_Problem description_.
Your job is to report every line of the entries that has "call".

_Saved entries_.
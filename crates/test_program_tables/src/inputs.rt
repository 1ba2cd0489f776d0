// The data of an input, taken apart: each of these is none where the datum is another one.

use base::{Datum, ItemList, Kind, Name, Names, Symbol};
use std::str;
use test_rows::RowAnswer;

/// The items of a proper list.
pub fn items(datum: &Datum) -> Option<&[Datum]> {
    match &datum.kind {
        Kind::Nil => Some(&[]),
        Kind::List { items, tail: None } => Some(items.as_slice()),
        _ => None,
    }
}

/// The two items of a list of two.
pub fn pair(datum: &Datum) -> Option<(&Datum, &Datum)> {
    match items(datum)? {
        [first, second] => Some((first, second)),
        _ => None,
    }
}

/// The word that a proper list begins with, and the items behind it.
pub fn command<'a>(names: &'a Names, datum: &'a Datum) -> Option<(&'a str, &'a [Datum])> {
    match items(datum)? {
        [head, rest @ ..] => Some((word(names, head)?, rest)),
        [] => None,
    }
}

/// The name of a symbol.
pub fn name(datum: &Datum) -> Option<Name> {
    match &datum.kind {
        Kind::Sym(Symbol::Named(name)) => Some(*name),
        _ => None,
    }
}

/// The text of a symbol.
pub fn word<'a>(names: &'a Names, datum: &Datum) -> Option<&'a str> {
    text(names, name(datum)?)
}

/// The text of a name.
pub fn text(names: &Names, name: Name) -> Option<&str> {
    str::from_utf8(names.text(name)?).ok()
}

/// An integer from 0 on.
pub fn number(datum: &Datum) -> Option<u32> {
    match &datum.kind {
        Kind::Int(number) => u32::try_from(*number).ok(),
        _ => None,
    }
}

/// The same as a row's number.
pub fn id(datum: &Datum) -> Option<usize> {
    Some(number(datum)? as usize)
}

/// The rows' numbers that stand in these places.
pub fn ids(got: &mut RowAnswer, data: &[Datum]) -> Option<ItemList<usize>> {
    let mut list = ItemList::new(got.alloc);
    for datum in data {
        got.add(&mut list, id(datum)?);
    }
    Some(list)
}

/// What stands beside this word in a table.
pub fn found<T: Copy>(table: &[(&'static str, T)], word: &str) -> Option<T> {
    for (text, item) in table {
        if *text == word {
            return Some(*item);
        }
    }
    None
}
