// Standard input as a source.

ghost use Rattle.std.specs.Prelude.{◌≡◌, None};

use crate::fault_count::FaultCount;
use base::{Failed, Source};
use std::io::Read;

/// A reader as a source. It tells no content.
#[derive(Drop)]
pub struct StdSource<R: Read + Drop> {
    reader: R,
    faults: FaultCount,
}

impl<R: Read + Drop> StdSource<R> {
    /// What that reader gives; no call has failed yet.
    pub fn new(reader: R) -> StdSource<R>
        ensures { result.faults.raised ≡ 0 }
    {
        StdSource {
            reader,
            faults: FaultCount::new(),
        }
    }
}

impl<R: Read + Drop> Source for StdSource<R> {
    ghost left = { λ _. None };

    ghost faults = { λ s. s.faults.raised };

    fn read(&mut self, buf: &mut [u8]) -> Result<usize, Failed> {
        match self.reader.read(buf) {
            Ok(count) => Ok(count),
            Err(_) => Err(self.faults.raise()),
        }
    }
}
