// The call that does all that the program does.

ghost use Rattle.std.specs.Prelude.{◌≡◌, ◌≢◌, ◌≤◌, ◌⊎◌, Some, None, option_map};
ghost use Rattle.std.specs.String.{string_bytes};
ghost use Rattle.base.specs.Outside.{Rose};
ghost use Rattle.base.specs.Given.{WasGiven};
ghost use Rattle.top_command.specs.Command.{Request, asked as asked_of, parts_of};
ghost use Rattle.top_command.specs.Wrong.{wrong_word as wrong_of};
ghost use Rattle.top_lines.specs.Lines.{line_of, status_of, file_fault_line, no_memory_line};
ghost use Rattle.top_lines.specs.declared.status.CommandAnswer.{CommandAnswer as AnswerValue};
ghost use Rattle.top_lines.specs.declared.status.CommandAnswer.TheVariants.{WriteFault as AnswerCut, Usage as UsageOf, NoMemory as AnswerWants};
ghost use Rattle.top_lines.specs.declared.status.Status.TheVariants.{Done, Unhandled, Usage, Refused, ArenaFull, Budget, FileFault, ReadFault, WriteFault, NoMemory as WantsMemory, BadImage, Trap};
ghost use Rattle.top_exec.specs.Runs.{sent_to};
ghost use Rattle.top_main.specs.Theorem.{IsUsage, IsDone, IsWritten, IsUnhandled, IsArenaFull, IsTooLarge, IsBudget, IsSpent, IsRefused, IsReadFault, IsCutOff, IsWrittenCutOff, IsUnnamed, IsBroken, IsUntold, IsExecuted, IsExecutedSo, IsExecutedUntold, IsLargeImage, IsBadImage, ReadsNothing, KeepsNothing, MakesText, name_in as name_of_asked};
ghost use Rattle.top_main.specs.Answers.{WordsAnswers, Obeys, SaysOk};

use crate::build::build_file;
use crate::check::check_file;
use crate::kept::Kept;
use crate::make::make_text;
use crate::name::name_in;
use crate::plain::plain_file;
use crate::run::run_file;
use base::{Failed, NoMemory, Shelf, Sink, Source, Words, write_all};
use std::alloc::Global;
use top_command::{Action, Command, asked, wrong_word};
use top_exec::{Bounds, exec_file};
use top_lines::{CommandAnswer, Status, end_with};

_Problem solution_.
    /// What that reader gives; no call has failed yet.
// The call that does all that the program does.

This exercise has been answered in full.